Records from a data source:
_ _ _

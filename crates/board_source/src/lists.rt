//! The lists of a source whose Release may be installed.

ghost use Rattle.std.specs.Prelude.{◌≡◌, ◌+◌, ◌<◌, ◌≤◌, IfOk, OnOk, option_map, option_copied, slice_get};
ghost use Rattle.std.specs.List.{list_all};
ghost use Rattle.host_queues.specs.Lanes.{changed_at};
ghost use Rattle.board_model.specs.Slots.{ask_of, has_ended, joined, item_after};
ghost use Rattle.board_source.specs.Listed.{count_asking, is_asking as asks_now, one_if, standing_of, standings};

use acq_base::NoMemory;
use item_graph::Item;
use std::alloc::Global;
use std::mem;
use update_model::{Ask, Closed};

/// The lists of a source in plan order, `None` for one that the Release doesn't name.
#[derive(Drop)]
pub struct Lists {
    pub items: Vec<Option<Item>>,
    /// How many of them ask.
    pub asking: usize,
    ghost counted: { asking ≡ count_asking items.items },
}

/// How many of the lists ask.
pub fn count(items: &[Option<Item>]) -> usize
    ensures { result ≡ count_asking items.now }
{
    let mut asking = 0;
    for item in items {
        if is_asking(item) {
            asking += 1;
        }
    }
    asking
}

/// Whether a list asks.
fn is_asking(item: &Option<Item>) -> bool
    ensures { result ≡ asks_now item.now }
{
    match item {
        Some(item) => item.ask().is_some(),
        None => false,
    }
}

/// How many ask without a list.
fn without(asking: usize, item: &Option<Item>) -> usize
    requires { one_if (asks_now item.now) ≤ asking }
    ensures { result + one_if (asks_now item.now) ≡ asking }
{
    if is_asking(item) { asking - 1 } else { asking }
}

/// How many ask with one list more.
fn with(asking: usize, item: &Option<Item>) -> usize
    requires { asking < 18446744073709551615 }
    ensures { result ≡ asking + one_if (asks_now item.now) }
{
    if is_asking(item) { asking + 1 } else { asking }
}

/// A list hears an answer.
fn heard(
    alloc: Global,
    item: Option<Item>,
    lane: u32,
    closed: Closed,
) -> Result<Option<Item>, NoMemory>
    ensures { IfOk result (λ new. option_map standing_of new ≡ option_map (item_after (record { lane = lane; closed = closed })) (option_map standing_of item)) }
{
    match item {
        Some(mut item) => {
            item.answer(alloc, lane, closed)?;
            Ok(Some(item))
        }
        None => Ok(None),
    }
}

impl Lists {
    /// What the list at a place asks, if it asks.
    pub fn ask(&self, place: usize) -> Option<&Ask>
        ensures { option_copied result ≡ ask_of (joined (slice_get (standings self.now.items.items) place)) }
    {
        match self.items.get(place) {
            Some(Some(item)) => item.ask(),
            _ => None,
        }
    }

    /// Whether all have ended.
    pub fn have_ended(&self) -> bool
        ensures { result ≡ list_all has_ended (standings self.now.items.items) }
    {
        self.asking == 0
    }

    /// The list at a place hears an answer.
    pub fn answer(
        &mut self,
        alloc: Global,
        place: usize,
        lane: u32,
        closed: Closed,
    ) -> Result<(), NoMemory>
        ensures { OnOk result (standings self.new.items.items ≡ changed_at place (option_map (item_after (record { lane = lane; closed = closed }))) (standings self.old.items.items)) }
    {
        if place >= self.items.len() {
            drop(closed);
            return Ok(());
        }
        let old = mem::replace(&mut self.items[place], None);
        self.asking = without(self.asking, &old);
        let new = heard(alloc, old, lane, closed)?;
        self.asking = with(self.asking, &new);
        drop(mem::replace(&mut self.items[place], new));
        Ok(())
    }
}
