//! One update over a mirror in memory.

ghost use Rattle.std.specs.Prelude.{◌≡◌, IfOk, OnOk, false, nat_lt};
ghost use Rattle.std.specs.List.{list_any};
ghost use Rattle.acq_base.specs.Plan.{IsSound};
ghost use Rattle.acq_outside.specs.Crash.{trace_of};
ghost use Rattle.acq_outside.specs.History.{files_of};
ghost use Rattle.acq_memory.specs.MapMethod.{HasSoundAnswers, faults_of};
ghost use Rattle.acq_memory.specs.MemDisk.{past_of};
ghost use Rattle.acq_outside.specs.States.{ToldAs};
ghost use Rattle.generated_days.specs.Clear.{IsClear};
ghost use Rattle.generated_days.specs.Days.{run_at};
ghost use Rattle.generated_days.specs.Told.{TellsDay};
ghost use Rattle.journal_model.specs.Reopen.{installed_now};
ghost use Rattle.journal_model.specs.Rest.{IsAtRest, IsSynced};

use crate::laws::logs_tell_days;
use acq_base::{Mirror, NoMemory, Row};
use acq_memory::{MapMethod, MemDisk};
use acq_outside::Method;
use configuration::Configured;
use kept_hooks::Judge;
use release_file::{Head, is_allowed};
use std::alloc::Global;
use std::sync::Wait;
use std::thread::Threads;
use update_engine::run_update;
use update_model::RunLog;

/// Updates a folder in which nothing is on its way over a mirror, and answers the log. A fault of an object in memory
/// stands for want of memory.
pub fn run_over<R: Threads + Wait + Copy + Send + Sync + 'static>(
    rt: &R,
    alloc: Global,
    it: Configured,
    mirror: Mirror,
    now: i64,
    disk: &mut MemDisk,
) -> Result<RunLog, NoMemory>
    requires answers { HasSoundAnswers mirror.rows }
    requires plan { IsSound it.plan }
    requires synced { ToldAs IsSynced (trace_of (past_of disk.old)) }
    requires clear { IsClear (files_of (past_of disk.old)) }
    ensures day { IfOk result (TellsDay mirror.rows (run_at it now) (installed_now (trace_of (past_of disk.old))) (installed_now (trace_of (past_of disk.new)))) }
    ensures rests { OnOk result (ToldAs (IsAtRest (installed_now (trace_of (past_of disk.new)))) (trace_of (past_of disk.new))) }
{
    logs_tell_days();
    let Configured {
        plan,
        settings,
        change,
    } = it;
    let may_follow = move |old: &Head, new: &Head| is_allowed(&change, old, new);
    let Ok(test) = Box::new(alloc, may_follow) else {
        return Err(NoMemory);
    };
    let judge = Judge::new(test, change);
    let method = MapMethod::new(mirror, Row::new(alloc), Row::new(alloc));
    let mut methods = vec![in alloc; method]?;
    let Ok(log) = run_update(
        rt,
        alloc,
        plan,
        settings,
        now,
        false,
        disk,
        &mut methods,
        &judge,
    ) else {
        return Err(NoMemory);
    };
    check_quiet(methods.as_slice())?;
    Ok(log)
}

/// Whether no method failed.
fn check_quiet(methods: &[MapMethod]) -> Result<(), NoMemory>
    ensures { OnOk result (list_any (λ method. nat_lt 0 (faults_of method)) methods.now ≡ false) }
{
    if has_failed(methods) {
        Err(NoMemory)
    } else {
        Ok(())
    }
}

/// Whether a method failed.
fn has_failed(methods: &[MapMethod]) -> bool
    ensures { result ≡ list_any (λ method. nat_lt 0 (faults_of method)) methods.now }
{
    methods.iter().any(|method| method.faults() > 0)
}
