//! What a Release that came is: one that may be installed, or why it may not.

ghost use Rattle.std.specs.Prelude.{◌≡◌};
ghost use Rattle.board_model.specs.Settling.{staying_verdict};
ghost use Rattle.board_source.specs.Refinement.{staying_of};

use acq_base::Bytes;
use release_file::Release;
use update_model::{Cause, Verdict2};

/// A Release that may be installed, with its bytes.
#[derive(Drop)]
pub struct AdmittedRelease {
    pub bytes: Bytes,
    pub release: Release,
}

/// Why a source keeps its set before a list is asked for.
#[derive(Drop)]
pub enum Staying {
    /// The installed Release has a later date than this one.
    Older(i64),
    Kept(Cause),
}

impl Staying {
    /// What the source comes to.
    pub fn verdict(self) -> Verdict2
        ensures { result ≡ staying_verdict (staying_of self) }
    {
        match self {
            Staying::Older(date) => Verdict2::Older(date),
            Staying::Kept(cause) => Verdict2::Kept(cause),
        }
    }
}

_ _ _

The task: Retype every record exactly, omitting nothing.

Your solution:
filename crates/board_source/src/lists.rt
//! The lists of a source whose Release may be installed.

ghost use Rattle.std.specs.Prelude.{◌≡◌, ◌+◌, ◌<◌, ◌≤◌, IfOk, OnOk, option_map, option_copied, slice_get};
ghost use Rattle.std.specs.List.{list_all};
ghost use Rattle.host_queues.specs.Lanes.{changed_at};
ghost use Rattle.board_model.specs.Slots.{ask_of, has_ended, joined, item_after};
ghost use Rattle.board_source.specs.Listed.{count_asking, is_asking as asks_now, one_if, standing_of, standings};

use acq_base::NoMemory;
use item_graph::Item;
use std::alloc::Global;
use std::mem;
use update_model::{Ask, Closed};

/// The lists of a source in plan order, `None` for one that the Release doesn't name.
#[derive(Drop)]
pub struct Lists {
    pub items: Vec<Option<Item>>,
    /// How many of them ask.
    pub asking: usize,
    ghost counted: { asking ≡ count_asking items.items },
}

/// How many of the lists ask.
pub fn count(items: &[Option<Item>]) -> usize
    ensures { result ≡ count_asking items.now }
{
    let mut asking = 0;
    for item in items {
        if is_asking(item) {
            asking += 1;
        }
    }
    asking
}

/// Whether a list asks.
fn is_asking(item: &Option<Item>) -> bool
    ensures { result ≡ asks_now item.now }
{
    match item {
        Some(item) => item.ask().is_some(),
        None => false,
    }
}

/// How many ask without a list.
fn without(asking: usize, item: &Option<Item>) -> usize
    requires { one_if (asks_now item.now) ≤ asking }
    ensures { result + one_if (asks_now item.now) ≡ asking }
{
    if is_asking(item) { asking - 1 } else { asking }
}

/// How many ask with one list more.
fn with(asking: usize, item: &Option<Item>) -> usize
    requires { asking < 18446744073709551615 }
    ensures { result ≡ asking + one_if (asks_now item.now) }
{
    if is_asking(item) { asking + 1 } else { asking }
}

/// A list hears an answer.
fn heard(
    alloc: Global,
    item: Option<Item>,
    lane: u32,
    closed: Closed,
) -> Result<Option<Item>, NoMemory>
    ensures { IfOk result (λ new. option_map standing_of new ≡ option_map (item_after (record { lane = lane; closed = closed })) (option_map standing_of item)) }
{
    match item {
        Some(mut item) => {
            item.answer(alloc, lane, closed)?;
            Ok(Some(item))
        }
        None => Ok(None),
    }
}

impl Lists {
    /// What the list at a place asks, if it asks.
    pub fn ask(&self, place: usize) -> Option<&Ask>
        ensures { option_copied result ≡ ask_of (joined (slice_get (standings self.now.items.items) place)) }
    {
        match self.items.get(place) {
            Some(Some(item)) => item.ask(),
            _ => None,
        }
    }

    /// Whether all have ended.
    pub fn have_ended(&self) -> bool
        ensures { result ≡ list_all has_ended (standings self.now.items.items) }
    {
        self.asking == 0
    }

    /// The list at a place hears an answer.
    pub fn answer(
        &mut self,
        alloc: Global,
        place: usize,
        lane: u32,
        closed: Closed,
    ) -> Result<(), NoMemory>
        ensures { OnOk result (standings self.new.items.items ≡ changed_at place (option_map (item_after (record { lane = lane; closed = closed }))) (standings self.old.items.items)) }
    {
        if place >= self.items.len() {
            drop(closed);
            return Ok(());
        }
        let old = mem::replace(&mut self.items[place], None);
        self.asking = without(self.asking, &old);
        let new = heard(alloc, old, lane, closed)?;
        self.asking = with(self.asking, &new);
        drop(mem::replace(&mut self.items[place], new));
        Ok(())
    }
}
//! One update over a mirror in memory.

ghost use Rattle.std.specs.Prelude.{◌≡◌, IfOk, OnOk, false, nat_lt};
ghost use Rattle.std.specs.List.{list_any};
ghost use Rattle.acq_base.specs.Plan.{IsSound};
ghost use Rattle.acq_outside.specs.Crash.{trace_of};
ghost use Rattle.acq_outside.specs.History.{files_of};
ghost use Rattle.acq_memory.specs.MapMethod.{HasSoundAnswers, faults_of};
ghost use Rattle.acq_memory.specs.MemDisk.{past_of};
ghost use Rattle.acq_outside.specs.States.{ToldAs};
ghost use Rattle.generated_days.specs.Clear.{IsClear};
ghost use Rattle.generated_days.specs.Days.{run_at};
ghost use Rattle.generated_days.specs.Told.{TellsDay};
ghost use Rattle.journal_model.specs.Reopen.{installed_now};
ghost use Rattle.journal_model.specs.Rest.{IsAtRest, IsSynced};

use crate::laws::logs_tell_days;
use acq_base::{Mirror, NoMemory, Row};
use acq_memory::{MapMethod, MemDisk};
use acq_outside::Method;
use configuration::Configured;
use kept_hooks::Judge;
use release_file::{Head, is_allowed};
use std::alloc::Global;
use std::sync::Wait;
use std::thread::Threads;
use update_engine::run_update;
use update_model::RunLog;

/// Updates a folder in which nothing is on its way over a mirror, and answers the log. A fault of an object in memory
/// stands for want of memory.
pub fn run_over<R: Threads + Wait + Copy + Send + Sync + 'static>(
    rt: &R,
    alloc: Global,
    it: Configured,
    mirror: Mirror,
    now: i64,
    disk: &mut MemDisk,
) -> Result<RunLog, NoMemory>
    requires answers { HasSoundAnswers mirror.rows }
    requires plan { IsSound it.plan }
    requires synced { ToldAs IsSynced (trace_of (past_of disk.old)) }
    requires clear { IsClear (files_of (past_of disk.old)) }
    ensures day { IfOk result (TellsDay mirror.rows (run_at it now) (installed_now (trace_of (past_of disk.old))) (installed_now (trace_of (past_of disk.new)))) }
    ensures rests { OnOk result (ToldAs (IsAtRest (installed_now (trace_of (past_of disk.new)))) (trace_of (past_of disk.new))) }
{
    logs_tell_days();
    let Configured {
        plan,
        settings,
        change,
    } = it;
    let may_follow = move |old: &Head, new: &Head| is_allowed(&change, old, new);
    let Ok(test) = Box::new(alloc, may_follow) else {
        return Err(NoMemory);
    };
    let judge = Judge::new(test, change);
    let method = MapMethod::new(mirror, Row::new(alloc), Row::new(alloc));
    let mut methods = vec![in alloc; method]?;
    let Ok(log) = run_update(
        rt,
        alloc,
        plan,
        settings,
        now,
        false,
        disk,
        &mut methods,
        &judge,
    ) else {
        return Err(NoMemory);
    };
    check_quiet(methods.as_slice())?;
    Ok(log)
}

/// Whether no method failed.
fn check_quiet(methods: &[MapMethod]) -> Result<(), NoMemory>
    ensures { OnOk result (list_any (λ method. nat_lt 0 (faults_of method)) methods.now ≡ false) }
{
    if has_failed(methods) {
        Err(NoMemory)
    } else {
        Ok(())
    }
}

/// Whether a method failed.
fn has_failed(methods: &[MapMethod]) -> bool
    ensures { result ≡ list_any (λ method. nat_lt 0 (faults_of method)) methods.now }
{
    methods.iter().any(|method| method.faults() > 0)
}
//! What a Release that came is: one that may be installed, or why it may not.

ghost use Rattle.std.specs.Prelude.{◌≡◌};
ghost use Rattle.board_model.specs.Settling.{staying_verdict};
ghost use Rattle.board_source.specs.Refinement.{staying_of};

use acq_base::Bytes;
use release_file::Release;
use update_model::{Cause, Verdict2};

/// A Release that may be installed, with its bytes.
#[derive(Drop)]
pub struct AdmittedRelease {
    pub bytes: Bytes,
    pub release: Release,
}

/// Why a source keeps its set before a list is asked for.
#[derive(Drop)]
pub enum Staying {
    /// The installed Release has a later date than this one.
    Older(i64),
    Kept(Cause),
}

impl Staying {
    /// What the source comes to.
    pub fn verdict(self) -> Verdict2
        ensures { result ≡ staying_verdict (staying_of self) }
    {
        match self {
            Staying::Older(date) => Verdict2::Older(date),
            Staying::Kept(cause) => Verdict2::Kept(cause),
        }
    }
}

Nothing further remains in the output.